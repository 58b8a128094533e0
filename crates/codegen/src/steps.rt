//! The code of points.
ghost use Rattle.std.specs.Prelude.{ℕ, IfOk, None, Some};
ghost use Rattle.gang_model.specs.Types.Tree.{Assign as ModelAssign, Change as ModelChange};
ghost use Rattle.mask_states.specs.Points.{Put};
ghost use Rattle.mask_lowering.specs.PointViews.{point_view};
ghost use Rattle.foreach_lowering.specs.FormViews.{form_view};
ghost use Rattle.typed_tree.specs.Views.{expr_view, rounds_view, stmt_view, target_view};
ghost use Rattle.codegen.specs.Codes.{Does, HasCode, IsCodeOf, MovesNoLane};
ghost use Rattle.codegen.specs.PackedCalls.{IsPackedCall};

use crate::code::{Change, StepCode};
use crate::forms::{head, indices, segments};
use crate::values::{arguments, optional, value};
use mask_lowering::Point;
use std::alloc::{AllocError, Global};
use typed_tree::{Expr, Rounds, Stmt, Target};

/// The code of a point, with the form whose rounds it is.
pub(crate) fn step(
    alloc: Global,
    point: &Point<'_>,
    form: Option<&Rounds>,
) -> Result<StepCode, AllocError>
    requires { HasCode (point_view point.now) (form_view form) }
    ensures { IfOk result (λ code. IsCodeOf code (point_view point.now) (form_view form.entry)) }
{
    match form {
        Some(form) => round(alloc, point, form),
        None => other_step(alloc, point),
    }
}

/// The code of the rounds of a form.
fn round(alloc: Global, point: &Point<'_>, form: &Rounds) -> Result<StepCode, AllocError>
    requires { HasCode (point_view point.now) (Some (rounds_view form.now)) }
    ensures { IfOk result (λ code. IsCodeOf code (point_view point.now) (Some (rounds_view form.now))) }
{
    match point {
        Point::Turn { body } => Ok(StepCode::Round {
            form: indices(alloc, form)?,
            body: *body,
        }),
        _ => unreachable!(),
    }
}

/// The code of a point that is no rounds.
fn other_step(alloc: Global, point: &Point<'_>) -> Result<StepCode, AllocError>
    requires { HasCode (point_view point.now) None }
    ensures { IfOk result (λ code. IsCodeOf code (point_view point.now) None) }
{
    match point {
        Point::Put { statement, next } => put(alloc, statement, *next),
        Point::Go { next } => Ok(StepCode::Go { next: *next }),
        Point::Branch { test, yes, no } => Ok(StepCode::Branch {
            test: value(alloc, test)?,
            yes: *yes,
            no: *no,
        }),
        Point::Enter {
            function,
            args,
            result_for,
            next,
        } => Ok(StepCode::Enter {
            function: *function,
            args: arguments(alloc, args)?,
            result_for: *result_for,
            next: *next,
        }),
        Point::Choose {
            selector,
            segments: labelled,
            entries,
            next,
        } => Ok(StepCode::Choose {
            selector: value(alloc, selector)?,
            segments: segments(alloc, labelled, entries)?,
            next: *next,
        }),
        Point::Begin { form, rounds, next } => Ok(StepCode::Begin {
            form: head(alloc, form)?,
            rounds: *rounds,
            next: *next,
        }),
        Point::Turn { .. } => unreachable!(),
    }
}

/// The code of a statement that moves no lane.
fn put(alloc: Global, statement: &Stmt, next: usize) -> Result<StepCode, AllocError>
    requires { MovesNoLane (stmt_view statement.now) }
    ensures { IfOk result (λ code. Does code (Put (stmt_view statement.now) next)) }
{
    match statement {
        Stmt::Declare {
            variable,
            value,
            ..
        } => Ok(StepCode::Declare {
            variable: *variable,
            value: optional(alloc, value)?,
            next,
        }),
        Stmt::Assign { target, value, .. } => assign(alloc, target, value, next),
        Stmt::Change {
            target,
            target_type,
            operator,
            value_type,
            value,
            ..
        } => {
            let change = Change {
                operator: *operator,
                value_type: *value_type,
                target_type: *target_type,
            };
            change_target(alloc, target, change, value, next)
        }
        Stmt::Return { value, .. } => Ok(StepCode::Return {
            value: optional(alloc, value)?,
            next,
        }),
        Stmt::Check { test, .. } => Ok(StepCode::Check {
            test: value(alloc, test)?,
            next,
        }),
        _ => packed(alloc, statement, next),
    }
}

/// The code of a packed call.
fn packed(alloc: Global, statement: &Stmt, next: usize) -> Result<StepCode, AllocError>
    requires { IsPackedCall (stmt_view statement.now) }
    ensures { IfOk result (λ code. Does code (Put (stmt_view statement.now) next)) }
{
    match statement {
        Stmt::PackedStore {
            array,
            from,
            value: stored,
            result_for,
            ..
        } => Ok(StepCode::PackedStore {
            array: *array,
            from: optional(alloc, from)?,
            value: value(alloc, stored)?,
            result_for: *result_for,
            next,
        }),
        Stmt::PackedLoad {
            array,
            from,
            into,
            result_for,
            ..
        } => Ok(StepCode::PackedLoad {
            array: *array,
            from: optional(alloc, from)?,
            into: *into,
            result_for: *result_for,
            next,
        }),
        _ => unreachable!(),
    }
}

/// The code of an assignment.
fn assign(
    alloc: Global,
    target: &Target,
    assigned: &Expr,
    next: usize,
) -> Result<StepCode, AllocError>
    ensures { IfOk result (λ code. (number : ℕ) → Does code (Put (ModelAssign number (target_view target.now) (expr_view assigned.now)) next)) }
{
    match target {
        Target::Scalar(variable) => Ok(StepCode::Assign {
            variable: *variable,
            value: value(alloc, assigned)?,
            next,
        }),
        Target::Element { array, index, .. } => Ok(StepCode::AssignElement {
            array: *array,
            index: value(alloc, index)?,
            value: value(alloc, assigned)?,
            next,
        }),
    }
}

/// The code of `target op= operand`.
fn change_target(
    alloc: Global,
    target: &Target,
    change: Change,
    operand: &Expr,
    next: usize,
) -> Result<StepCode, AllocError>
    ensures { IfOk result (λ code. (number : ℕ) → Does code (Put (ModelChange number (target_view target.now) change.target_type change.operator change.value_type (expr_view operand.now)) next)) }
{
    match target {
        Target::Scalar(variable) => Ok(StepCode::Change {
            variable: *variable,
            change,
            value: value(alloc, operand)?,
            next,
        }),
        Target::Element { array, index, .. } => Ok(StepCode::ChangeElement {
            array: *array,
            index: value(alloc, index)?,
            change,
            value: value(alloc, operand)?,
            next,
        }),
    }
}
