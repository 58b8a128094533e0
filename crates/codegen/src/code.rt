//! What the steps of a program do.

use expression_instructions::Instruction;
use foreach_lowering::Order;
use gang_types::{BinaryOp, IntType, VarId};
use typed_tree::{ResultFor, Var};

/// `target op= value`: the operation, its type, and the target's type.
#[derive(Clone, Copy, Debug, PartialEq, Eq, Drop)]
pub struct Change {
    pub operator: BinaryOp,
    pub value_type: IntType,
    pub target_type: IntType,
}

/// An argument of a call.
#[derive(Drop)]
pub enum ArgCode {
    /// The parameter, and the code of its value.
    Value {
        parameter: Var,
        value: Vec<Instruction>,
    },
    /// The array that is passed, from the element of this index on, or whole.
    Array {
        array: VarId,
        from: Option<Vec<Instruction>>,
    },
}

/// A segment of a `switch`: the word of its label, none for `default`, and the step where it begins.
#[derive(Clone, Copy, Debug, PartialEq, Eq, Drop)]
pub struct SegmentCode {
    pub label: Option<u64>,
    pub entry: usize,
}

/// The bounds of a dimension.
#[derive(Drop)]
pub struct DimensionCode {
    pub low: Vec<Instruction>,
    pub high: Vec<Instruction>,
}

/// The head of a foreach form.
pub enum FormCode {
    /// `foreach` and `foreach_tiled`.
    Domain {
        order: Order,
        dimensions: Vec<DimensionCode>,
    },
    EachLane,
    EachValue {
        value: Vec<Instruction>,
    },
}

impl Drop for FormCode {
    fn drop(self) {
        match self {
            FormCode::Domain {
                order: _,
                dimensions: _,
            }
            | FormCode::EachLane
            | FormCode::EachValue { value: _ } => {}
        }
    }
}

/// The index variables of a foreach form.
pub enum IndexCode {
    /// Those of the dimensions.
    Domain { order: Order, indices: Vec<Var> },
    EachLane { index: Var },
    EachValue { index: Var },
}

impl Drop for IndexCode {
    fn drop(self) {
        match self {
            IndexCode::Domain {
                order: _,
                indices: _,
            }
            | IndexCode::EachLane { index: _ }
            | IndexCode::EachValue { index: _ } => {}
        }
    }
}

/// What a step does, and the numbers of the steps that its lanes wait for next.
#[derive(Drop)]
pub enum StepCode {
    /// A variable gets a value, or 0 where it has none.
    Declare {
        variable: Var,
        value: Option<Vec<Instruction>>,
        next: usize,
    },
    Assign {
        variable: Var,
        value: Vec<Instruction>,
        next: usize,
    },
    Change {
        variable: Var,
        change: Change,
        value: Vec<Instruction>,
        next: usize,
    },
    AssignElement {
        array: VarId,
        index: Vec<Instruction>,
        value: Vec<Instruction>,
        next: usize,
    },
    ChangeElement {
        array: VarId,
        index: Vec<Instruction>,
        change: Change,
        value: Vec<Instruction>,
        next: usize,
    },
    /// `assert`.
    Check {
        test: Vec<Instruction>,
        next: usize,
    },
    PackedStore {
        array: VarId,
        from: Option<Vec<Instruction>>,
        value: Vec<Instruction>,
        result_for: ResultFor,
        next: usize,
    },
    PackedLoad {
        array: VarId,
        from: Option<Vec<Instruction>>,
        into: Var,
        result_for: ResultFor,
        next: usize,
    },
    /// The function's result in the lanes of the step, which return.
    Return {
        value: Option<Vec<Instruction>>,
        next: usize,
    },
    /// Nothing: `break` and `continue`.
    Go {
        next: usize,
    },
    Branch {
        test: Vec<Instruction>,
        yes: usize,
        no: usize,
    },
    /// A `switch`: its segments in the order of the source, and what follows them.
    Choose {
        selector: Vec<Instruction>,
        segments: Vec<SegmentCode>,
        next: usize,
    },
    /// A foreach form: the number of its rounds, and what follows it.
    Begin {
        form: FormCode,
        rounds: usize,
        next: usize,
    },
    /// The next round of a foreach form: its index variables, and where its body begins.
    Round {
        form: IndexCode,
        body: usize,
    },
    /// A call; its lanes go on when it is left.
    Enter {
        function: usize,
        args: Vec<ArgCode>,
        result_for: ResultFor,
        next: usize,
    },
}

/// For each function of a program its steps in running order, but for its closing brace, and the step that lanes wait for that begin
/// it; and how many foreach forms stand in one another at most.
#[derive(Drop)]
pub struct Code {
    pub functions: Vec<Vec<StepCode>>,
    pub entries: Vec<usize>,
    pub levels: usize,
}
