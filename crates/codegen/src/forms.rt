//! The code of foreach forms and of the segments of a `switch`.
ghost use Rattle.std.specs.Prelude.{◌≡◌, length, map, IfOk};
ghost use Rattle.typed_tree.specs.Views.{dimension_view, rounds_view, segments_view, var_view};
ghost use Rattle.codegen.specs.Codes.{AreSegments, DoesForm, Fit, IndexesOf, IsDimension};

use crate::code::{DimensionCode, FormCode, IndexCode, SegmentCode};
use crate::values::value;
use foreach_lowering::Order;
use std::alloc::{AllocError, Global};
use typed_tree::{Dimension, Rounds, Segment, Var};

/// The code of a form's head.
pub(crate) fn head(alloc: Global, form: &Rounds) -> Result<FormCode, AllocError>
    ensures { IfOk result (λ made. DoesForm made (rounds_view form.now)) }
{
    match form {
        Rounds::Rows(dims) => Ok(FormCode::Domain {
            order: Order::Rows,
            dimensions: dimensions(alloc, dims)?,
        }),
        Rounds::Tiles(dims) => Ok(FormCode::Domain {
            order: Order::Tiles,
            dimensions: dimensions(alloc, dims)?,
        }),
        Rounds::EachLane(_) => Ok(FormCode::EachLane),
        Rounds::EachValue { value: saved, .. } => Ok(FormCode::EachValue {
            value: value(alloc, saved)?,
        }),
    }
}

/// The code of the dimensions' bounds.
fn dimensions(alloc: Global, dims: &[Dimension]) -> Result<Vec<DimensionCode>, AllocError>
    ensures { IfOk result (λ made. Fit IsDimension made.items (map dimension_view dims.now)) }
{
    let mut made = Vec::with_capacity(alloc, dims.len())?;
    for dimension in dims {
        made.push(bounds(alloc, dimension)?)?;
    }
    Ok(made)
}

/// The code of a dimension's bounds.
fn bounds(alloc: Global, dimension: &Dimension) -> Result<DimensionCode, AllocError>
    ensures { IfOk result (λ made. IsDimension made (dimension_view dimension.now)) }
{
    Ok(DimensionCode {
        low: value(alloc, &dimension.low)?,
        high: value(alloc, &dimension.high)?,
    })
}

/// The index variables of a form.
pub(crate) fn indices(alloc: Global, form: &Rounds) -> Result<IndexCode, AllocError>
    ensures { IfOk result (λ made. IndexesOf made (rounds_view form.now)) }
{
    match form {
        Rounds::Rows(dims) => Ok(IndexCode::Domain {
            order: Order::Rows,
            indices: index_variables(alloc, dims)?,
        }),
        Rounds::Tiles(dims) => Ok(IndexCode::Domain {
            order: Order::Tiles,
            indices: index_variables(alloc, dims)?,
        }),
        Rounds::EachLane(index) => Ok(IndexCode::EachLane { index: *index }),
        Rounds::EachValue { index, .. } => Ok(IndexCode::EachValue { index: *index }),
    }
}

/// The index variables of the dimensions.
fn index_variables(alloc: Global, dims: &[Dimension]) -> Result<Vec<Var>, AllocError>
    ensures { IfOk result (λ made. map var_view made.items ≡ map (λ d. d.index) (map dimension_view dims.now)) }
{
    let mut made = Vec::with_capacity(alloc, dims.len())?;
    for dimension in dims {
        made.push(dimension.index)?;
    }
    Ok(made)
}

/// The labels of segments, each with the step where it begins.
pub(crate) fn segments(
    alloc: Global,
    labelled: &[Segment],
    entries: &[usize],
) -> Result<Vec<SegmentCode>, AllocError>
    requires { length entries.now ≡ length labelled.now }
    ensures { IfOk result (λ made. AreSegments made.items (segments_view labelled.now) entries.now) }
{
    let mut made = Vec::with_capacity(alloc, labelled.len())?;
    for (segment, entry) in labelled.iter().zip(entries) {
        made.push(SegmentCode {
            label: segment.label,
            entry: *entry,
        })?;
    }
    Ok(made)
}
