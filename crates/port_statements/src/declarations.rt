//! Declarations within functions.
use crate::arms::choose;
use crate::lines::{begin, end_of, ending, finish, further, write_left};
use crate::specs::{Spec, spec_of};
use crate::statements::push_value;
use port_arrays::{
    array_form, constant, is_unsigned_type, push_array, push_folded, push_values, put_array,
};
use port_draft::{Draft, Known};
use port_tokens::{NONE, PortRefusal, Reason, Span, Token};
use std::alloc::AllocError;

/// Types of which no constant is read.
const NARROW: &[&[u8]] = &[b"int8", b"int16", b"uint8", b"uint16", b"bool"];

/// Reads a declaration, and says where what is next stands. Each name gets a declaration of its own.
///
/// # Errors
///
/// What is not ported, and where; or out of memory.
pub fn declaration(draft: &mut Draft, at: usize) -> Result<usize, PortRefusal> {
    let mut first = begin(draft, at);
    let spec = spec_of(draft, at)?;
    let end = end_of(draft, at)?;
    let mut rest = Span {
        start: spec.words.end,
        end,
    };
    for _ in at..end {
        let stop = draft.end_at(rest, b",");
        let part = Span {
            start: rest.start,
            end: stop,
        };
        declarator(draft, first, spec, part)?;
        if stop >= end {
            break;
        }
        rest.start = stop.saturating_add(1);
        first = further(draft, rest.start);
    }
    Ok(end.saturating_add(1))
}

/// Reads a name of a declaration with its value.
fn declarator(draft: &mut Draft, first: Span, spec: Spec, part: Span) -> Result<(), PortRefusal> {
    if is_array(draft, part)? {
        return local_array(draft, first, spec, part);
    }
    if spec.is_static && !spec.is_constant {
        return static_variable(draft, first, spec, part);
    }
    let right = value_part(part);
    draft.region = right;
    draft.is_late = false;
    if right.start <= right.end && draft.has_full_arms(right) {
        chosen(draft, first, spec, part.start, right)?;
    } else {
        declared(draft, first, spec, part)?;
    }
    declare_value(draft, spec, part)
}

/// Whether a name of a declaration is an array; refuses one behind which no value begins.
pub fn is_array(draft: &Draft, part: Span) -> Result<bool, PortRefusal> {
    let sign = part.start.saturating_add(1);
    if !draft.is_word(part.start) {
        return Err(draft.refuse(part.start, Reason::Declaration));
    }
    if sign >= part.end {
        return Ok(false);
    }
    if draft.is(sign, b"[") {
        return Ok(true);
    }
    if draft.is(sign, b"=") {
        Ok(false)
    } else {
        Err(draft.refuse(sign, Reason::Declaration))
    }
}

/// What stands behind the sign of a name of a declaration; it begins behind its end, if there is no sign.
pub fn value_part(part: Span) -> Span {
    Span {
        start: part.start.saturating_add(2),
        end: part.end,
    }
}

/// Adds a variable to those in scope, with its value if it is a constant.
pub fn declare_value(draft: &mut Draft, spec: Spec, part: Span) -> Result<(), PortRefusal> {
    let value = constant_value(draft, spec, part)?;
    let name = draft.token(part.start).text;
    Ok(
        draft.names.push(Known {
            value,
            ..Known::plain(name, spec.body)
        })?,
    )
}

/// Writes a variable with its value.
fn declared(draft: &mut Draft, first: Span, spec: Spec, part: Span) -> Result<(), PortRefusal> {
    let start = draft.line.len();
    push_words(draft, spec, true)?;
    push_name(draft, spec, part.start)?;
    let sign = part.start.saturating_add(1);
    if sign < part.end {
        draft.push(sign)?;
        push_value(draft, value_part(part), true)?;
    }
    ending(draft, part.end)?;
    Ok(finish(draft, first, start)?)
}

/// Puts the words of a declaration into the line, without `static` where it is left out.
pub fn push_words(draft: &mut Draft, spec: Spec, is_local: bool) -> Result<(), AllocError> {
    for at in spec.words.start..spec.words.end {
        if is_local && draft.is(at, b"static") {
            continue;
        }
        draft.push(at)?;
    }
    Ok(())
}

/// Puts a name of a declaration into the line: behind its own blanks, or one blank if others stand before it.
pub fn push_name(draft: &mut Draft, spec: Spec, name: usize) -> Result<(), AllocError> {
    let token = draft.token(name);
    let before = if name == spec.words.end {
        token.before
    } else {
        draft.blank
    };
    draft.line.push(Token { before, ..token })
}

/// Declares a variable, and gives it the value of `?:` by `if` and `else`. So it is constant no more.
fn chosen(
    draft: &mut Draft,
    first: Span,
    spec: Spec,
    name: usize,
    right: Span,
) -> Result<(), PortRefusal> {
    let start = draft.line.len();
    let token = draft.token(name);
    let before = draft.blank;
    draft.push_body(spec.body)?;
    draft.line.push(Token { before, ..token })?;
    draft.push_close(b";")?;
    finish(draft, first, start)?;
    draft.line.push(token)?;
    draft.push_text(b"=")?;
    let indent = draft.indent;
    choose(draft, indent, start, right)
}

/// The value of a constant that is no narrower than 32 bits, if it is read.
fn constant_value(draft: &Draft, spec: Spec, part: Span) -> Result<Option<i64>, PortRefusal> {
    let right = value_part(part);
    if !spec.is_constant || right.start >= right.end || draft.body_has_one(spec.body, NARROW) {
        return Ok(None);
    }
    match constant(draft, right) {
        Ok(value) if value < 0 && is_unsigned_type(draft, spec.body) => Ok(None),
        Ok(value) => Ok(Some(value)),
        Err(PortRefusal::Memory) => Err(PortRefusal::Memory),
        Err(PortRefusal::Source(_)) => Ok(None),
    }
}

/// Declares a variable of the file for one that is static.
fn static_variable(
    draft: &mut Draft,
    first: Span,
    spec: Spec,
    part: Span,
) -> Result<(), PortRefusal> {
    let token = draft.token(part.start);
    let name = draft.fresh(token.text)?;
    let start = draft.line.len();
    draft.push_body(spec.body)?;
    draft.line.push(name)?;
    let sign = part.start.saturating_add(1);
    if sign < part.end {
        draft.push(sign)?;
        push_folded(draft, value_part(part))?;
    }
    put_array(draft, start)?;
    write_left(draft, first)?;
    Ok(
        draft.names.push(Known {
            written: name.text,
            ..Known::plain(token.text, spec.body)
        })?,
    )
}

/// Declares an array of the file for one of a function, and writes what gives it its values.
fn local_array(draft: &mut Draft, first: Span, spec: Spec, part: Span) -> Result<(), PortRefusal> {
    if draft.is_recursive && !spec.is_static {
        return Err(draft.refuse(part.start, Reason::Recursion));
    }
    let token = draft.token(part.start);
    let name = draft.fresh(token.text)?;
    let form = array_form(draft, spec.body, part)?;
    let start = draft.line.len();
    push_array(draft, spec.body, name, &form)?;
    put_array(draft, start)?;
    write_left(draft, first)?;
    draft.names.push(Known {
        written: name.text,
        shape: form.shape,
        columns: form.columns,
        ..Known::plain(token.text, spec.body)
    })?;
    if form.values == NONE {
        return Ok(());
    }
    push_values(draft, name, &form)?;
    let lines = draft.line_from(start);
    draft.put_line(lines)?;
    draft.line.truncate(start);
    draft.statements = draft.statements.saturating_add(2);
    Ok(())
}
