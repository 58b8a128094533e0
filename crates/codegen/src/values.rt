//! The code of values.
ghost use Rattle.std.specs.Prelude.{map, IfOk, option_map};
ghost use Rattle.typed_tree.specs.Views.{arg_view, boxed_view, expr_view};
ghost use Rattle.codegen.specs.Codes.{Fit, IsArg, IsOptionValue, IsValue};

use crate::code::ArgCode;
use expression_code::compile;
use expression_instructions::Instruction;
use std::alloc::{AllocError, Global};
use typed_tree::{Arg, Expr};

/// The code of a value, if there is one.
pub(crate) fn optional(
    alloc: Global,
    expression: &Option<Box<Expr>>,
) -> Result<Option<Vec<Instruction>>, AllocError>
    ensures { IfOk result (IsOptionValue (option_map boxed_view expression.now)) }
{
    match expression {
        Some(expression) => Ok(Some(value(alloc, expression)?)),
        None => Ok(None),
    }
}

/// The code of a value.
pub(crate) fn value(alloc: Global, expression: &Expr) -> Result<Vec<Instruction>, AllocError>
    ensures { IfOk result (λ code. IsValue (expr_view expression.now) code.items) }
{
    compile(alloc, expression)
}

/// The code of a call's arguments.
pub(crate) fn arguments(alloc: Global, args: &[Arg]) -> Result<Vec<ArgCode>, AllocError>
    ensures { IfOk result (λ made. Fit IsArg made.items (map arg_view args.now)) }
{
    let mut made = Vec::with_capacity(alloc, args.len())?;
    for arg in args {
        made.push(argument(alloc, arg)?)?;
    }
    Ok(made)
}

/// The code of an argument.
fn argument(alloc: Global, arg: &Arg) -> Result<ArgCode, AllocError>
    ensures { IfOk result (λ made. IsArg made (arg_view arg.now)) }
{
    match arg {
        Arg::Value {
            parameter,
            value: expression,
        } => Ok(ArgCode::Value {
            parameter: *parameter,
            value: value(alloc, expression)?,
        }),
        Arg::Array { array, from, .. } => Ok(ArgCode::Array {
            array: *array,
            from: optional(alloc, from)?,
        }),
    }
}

☆ ☆ ☆ ☆ ☆

▶ [Work required]
Look through the material for "Reads". Copy each line that has it.

▶ [Task result]
/// Reads a declaration, and says where what is next stands. Each name gets a declaration of its own.
/// Reads a name of a declaration with its value.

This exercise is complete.